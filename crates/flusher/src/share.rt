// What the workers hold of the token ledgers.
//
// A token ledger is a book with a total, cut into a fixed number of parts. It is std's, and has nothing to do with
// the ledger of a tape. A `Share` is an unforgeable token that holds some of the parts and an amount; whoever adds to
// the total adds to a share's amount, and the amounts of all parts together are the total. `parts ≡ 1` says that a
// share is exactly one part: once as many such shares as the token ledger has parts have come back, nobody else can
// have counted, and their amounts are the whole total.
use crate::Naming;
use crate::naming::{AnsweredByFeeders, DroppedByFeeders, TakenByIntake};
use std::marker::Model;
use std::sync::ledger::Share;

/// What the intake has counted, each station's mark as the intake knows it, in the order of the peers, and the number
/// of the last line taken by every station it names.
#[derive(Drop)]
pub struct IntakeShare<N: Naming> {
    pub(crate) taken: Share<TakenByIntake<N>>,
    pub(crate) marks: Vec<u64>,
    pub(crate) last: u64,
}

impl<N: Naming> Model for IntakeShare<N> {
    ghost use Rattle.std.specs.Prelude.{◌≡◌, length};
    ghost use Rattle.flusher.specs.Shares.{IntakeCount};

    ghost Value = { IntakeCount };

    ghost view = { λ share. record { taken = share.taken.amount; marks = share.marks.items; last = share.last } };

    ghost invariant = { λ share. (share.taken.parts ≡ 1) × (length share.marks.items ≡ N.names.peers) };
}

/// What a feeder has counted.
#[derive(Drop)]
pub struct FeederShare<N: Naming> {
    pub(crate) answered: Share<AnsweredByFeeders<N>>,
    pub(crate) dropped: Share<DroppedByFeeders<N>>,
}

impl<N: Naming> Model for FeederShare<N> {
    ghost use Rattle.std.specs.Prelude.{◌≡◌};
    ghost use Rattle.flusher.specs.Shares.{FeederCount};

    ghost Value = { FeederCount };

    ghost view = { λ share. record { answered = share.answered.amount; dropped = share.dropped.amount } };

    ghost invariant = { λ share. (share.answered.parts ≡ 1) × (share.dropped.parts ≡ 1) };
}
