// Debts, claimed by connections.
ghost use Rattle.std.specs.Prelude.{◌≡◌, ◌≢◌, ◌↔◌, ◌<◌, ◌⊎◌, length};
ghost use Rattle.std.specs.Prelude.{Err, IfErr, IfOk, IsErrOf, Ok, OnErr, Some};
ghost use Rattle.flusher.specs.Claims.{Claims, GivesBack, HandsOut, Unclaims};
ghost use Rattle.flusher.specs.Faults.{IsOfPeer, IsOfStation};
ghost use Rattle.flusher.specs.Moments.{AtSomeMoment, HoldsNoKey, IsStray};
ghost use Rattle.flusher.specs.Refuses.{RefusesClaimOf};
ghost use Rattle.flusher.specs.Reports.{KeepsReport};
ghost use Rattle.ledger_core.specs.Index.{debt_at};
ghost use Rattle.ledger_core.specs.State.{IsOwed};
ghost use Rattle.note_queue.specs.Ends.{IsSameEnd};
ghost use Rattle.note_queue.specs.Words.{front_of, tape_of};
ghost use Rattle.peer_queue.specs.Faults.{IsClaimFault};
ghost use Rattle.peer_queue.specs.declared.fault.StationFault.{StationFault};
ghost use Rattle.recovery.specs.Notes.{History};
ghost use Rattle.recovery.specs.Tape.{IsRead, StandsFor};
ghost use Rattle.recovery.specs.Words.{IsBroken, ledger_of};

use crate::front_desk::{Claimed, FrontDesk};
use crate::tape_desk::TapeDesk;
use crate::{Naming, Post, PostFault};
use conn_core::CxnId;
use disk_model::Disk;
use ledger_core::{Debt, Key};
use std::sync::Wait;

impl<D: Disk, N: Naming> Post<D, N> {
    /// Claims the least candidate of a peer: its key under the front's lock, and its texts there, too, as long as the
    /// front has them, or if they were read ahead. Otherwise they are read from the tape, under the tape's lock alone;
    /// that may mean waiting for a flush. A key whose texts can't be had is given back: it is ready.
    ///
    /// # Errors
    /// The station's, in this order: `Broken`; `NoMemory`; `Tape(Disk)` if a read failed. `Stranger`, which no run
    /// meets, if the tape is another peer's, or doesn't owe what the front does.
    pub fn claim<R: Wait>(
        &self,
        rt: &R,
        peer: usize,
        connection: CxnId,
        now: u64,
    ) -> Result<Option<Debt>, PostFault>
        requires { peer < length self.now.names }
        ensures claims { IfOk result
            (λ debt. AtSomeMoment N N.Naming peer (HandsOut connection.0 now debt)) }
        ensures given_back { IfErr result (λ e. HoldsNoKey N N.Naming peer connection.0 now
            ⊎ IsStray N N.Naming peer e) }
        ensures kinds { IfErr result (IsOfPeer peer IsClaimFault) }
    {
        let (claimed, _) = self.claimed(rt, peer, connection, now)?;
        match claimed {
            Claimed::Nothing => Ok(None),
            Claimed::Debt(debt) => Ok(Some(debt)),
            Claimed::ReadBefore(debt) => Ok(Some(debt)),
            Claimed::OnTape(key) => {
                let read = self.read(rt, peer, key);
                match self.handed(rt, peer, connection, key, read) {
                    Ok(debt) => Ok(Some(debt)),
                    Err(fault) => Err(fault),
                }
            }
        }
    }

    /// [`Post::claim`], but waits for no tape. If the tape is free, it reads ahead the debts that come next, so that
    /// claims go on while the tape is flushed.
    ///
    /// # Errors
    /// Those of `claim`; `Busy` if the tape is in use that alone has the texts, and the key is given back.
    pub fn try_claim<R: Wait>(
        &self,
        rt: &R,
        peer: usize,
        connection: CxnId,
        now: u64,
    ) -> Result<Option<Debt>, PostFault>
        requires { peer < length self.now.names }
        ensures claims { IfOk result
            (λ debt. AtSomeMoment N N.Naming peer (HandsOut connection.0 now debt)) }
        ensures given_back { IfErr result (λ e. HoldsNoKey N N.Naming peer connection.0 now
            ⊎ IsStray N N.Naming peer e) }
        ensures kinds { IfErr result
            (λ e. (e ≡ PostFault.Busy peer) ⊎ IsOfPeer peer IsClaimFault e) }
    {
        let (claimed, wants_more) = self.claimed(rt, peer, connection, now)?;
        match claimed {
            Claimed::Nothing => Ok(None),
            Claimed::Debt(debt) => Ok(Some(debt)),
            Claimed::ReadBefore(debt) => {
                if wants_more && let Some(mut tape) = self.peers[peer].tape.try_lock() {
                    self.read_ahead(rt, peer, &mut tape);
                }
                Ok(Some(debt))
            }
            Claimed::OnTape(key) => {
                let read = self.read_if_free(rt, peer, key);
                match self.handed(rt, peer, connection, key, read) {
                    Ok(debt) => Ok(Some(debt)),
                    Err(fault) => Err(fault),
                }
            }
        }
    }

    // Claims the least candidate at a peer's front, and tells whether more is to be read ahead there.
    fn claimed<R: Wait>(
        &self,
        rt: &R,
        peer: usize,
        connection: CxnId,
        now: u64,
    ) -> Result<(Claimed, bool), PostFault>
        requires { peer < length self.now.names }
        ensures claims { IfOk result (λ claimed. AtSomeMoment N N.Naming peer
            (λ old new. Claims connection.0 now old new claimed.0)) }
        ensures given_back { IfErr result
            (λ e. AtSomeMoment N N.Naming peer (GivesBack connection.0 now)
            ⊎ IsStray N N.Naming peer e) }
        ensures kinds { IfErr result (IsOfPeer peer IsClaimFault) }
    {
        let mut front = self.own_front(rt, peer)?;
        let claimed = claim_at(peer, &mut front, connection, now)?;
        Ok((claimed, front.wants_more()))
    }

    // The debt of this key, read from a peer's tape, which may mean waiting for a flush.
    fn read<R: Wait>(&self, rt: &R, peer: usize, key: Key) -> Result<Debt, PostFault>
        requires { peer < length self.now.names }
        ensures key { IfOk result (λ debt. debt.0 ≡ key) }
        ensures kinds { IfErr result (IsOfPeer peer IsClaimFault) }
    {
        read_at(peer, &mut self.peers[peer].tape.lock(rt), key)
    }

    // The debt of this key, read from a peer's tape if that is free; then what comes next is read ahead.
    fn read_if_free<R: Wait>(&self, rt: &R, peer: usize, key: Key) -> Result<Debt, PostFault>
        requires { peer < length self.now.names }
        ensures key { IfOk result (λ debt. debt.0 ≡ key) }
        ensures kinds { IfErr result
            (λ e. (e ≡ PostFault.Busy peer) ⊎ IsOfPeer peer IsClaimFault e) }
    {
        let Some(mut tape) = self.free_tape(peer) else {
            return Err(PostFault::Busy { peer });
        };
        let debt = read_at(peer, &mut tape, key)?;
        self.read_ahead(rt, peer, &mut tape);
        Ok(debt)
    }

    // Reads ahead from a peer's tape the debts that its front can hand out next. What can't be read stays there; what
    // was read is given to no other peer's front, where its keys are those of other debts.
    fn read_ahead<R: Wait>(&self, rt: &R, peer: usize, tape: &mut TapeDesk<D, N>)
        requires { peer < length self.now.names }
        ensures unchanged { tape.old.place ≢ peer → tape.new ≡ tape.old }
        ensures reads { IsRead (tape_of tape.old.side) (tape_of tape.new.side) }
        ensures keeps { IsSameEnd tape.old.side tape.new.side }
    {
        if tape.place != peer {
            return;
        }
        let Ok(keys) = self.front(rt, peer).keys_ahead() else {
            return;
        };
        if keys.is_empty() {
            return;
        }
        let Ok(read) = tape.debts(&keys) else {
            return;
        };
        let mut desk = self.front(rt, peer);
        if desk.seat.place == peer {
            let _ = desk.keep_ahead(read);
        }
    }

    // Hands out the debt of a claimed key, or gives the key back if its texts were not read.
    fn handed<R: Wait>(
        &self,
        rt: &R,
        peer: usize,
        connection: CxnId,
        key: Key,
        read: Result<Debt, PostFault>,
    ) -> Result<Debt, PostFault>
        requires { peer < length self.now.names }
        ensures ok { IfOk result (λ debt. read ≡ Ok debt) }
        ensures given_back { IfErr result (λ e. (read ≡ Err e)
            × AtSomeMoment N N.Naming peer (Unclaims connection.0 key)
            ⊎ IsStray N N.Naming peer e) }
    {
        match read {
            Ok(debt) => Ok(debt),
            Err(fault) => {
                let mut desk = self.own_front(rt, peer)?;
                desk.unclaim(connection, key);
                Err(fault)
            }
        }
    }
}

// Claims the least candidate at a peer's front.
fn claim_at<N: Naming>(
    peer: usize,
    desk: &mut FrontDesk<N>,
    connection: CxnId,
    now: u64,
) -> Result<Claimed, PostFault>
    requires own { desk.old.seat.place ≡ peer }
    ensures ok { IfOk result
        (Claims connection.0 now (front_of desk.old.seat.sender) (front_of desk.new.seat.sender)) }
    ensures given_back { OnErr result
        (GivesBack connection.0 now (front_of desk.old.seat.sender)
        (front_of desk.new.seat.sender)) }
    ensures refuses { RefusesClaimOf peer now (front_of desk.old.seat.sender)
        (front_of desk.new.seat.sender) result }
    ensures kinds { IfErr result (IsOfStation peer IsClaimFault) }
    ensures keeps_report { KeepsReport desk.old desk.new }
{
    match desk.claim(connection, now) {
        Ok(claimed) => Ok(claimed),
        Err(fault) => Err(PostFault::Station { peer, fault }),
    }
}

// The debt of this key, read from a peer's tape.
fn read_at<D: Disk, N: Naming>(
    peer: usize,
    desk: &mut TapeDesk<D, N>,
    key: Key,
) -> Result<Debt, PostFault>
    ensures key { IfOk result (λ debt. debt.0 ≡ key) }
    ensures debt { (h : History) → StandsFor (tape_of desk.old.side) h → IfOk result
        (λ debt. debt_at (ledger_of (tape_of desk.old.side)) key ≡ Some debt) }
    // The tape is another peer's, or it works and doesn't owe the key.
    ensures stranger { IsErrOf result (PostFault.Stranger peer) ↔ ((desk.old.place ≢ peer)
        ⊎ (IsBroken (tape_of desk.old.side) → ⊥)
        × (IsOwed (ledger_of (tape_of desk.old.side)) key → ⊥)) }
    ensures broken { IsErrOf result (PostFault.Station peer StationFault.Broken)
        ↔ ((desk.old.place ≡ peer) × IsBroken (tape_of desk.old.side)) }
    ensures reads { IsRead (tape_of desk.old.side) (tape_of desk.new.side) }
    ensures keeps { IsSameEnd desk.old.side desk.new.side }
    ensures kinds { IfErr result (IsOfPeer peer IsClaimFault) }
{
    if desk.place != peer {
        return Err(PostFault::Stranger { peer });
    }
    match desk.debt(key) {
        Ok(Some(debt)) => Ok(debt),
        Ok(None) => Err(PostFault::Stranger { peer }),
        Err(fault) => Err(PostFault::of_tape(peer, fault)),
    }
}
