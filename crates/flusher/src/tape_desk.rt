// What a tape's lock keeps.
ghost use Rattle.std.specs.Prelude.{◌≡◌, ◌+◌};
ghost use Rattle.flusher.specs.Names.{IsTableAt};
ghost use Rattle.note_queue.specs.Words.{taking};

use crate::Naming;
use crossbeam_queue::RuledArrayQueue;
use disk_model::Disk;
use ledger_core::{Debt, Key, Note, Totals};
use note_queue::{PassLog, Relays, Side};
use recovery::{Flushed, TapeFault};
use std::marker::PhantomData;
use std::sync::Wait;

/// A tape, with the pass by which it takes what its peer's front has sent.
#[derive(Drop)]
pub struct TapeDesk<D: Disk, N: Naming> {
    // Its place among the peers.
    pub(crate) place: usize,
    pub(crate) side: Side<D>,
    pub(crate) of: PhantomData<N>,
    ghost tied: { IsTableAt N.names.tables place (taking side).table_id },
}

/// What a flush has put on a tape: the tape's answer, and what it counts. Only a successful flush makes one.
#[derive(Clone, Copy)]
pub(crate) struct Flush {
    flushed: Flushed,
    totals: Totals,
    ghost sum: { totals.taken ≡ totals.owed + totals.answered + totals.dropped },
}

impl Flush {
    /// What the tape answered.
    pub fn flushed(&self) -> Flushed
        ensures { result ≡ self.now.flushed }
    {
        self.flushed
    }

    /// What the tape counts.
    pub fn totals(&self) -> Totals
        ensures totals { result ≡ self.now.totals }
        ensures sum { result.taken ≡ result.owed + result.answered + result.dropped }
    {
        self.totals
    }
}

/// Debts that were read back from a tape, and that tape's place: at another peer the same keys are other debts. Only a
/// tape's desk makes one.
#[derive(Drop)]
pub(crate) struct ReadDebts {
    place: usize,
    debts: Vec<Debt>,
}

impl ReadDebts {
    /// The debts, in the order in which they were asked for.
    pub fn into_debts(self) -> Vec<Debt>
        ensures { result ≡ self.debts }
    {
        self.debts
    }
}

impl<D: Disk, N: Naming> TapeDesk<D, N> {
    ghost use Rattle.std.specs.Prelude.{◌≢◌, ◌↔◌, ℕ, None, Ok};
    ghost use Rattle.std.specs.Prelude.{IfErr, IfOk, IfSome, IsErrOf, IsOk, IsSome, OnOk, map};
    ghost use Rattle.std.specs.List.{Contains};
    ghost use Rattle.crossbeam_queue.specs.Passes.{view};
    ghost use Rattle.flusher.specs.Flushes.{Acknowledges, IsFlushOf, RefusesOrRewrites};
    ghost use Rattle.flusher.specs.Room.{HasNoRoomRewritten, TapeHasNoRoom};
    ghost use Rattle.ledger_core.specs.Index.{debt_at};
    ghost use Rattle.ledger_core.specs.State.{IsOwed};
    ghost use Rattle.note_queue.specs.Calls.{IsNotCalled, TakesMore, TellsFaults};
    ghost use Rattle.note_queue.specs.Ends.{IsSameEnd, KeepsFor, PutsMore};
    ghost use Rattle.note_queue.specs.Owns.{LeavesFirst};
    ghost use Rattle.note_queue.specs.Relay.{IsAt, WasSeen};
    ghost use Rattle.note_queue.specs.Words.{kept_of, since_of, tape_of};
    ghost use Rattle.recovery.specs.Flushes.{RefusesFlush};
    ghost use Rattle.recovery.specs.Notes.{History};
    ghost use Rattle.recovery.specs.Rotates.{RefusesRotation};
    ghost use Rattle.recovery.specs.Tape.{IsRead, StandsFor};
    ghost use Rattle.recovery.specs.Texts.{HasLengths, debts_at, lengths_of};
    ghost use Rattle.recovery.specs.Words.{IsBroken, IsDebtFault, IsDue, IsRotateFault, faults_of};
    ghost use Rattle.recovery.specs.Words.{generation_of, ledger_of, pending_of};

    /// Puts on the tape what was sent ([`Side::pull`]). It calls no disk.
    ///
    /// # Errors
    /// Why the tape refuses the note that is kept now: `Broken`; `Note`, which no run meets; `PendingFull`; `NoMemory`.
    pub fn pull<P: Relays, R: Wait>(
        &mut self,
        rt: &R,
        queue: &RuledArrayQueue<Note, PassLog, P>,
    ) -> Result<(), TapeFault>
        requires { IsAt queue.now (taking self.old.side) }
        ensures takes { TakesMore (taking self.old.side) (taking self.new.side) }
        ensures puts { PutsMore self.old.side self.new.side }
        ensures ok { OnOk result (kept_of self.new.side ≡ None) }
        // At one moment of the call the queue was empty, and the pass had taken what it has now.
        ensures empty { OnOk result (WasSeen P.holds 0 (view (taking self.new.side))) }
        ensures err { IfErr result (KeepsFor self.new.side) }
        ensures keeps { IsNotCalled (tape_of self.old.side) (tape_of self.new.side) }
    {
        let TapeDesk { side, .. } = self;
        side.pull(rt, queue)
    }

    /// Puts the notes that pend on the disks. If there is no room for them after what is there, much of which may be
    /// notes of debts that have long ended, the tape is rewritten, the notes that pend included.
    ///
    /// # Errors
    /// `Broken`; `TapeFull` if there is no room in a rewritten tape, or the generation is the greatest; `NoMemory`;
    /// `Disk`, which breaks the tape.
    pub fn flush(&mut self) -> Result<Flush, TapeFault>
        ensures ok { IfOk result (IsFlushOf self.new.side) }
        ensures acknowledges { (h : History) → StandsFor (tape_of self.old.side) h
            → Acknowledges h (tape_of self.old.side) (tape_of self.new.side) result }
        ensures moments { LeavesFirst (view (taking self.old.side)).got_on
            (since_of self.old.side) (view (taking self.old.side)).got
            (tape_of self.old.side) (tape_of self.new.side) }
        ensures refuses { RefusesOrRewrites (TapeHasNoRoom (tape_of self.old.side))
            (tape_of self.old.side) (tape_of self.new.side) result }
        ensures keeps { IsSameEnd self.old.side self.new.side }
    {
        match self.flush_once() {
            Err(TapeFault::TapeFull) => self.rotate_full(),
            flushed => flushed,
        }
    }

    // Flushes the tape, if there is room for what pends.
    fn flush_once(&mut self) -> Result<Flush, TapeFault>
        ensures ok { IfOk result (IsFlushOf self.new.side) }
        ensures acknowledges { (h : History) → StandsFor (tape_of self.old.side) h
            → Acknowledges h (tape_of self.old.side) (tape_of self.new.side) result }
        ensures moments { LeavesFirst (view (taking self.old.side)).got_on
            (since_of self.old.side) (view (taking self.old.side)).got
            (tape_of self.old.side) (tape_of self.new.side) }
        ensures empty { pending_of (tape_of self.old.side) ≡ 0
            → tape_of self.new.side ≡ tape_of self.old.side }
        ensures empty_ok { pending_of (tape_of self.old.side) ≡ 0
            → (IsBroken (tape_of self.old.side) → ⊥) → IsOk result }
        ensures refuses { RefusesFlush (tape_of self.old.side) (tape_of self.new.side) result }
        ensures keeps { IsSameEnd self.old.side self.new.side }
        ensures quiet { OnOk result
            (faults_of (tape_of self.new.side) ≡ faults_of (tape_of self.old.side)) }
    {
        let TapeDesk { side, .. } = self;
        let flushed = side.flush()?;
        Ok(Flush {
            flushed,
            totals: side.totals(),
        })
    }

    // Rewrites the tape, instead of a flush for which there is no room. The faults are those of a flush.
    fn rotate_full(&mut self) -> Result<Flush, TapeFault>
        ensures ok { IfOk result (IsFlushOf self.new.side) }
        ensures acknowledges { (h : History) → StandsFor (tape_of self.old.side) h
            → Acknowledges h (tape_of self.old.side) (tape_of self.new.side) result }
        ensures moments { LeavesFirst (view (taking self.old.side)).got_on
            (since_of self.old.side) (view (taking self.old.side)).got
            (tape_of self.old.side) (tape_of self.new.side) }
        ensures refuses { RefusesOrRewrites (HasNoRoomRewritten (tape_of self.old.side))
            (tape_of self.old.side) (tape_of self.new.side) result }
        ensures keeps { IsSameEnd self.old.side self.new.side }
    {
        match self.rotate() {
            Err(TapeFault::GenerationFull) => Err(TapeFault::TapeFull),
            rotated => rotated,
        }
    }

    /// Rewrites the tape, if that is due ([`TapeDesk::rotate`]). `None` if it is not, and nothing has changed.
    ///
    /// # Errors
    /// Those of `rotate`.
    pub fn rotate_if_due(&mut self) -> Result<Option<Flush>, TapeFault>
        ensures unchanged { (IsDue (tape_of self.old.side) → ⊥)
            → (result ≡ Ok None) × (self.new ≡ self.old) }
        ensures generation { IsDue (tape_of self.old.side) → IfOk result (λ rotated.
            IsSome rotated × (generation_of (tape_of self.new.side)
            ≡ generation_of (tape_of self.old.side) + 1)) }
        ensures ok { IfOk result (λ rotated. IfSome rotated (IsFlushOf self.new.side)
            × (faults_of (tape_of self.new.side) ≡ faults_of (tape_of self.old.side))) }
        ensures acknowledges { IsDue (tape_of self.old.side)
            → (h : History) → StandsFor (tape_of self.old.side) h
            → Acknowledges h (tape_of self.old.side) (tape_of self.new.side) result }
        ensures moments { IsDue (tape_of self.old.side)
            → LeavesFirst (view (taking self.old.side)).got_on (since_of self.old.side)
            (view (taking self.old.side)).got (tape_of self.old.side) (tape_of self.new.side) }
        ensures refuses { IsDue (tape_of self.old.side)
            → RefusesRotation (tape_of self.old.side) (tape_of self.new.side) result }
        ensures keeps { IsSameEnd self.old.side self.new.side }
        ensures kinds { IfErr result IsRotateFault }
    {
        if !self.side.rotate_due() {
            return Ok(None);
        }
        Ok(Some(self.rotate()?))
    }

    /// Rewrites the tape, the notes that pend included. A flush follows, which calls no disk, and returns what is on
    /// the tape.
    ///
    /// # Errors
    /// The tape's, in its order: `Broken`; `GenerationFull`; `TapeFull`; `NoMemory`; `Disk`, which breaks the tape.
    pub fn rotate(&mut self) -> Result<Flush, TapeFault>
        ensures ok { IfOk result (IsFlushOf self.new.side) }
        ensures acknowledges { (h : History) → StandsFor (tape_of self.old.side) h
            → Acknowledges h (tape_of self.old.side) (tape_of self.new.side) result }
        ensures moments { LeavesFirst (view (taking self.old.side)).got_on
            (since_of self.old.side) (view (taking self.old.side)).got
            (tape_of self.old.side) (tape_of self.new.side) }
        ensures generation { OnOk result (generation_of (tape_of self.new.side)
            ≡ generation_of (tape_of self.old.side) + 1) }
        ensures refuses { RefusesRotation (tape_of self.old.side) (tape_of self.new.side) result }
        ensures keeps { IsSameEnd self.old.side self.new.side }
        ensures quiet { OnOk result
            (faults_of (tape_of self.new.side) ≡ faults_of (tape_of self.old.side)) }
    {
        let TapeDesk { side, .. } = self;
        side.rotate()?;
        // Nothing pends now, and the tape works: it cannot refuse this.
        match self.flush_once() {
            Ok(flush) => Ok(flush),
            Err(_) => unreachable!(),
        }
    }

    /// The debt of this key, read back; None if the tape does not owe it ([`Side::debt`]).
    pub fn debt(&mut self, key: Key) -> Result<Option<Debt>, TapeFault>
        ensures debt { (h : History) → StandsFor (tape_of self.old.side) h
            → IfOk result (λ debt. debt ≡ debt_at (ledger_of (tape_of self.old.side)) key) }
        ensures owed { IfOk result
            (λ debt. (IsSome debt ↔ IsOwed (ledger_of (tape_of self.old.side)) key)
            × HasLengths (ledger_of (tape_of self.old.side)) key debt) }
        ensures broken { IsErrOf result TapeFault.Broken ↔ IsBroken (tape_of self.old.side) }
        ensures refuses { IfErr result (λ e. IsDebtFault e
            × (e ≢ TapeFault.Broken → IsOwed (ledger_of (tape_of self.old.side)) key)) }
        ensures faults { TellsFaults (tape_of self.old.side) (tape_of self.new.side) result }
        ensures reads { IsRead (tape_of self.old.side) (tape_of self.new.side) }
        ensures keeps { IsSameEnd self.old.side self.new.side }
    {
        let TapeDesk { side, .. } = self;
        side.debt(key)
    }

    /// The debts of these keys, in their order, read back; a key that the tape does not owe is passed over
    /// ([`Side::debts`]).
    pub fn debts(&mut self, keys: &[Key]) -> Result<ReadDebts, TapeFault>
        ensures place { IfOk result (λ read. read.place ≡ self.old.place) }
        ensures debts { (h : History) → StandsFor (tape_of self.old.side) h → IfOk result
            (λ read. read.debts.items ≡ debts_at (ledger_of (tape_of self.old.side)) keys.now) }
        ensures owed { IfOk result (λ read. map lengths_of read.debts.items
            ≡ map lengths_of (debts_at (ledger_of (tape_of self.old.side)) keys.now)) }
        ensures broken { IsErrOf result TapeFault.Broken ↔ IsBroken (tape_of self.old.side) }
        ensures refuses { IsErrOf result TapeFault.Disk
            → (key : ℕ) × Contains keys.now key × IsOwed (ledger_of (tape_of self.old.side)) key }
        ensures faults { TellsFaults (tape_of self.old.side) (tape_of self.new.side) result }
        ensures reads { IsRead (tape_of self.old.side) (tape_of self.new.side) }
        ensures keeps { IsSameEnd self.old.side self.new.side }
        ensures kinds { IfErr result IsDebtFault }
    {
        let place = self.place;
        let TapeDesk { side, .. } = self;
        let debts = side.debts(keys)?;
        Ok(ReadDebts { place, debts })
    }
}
=====
Which lines above include "they"? Show each of them by copying it.

    /// front has them, or if they were read ahead. Otherwise they are read from the tape, under the tape's lock alone;
    /// The debts, in the order in which they were asked for.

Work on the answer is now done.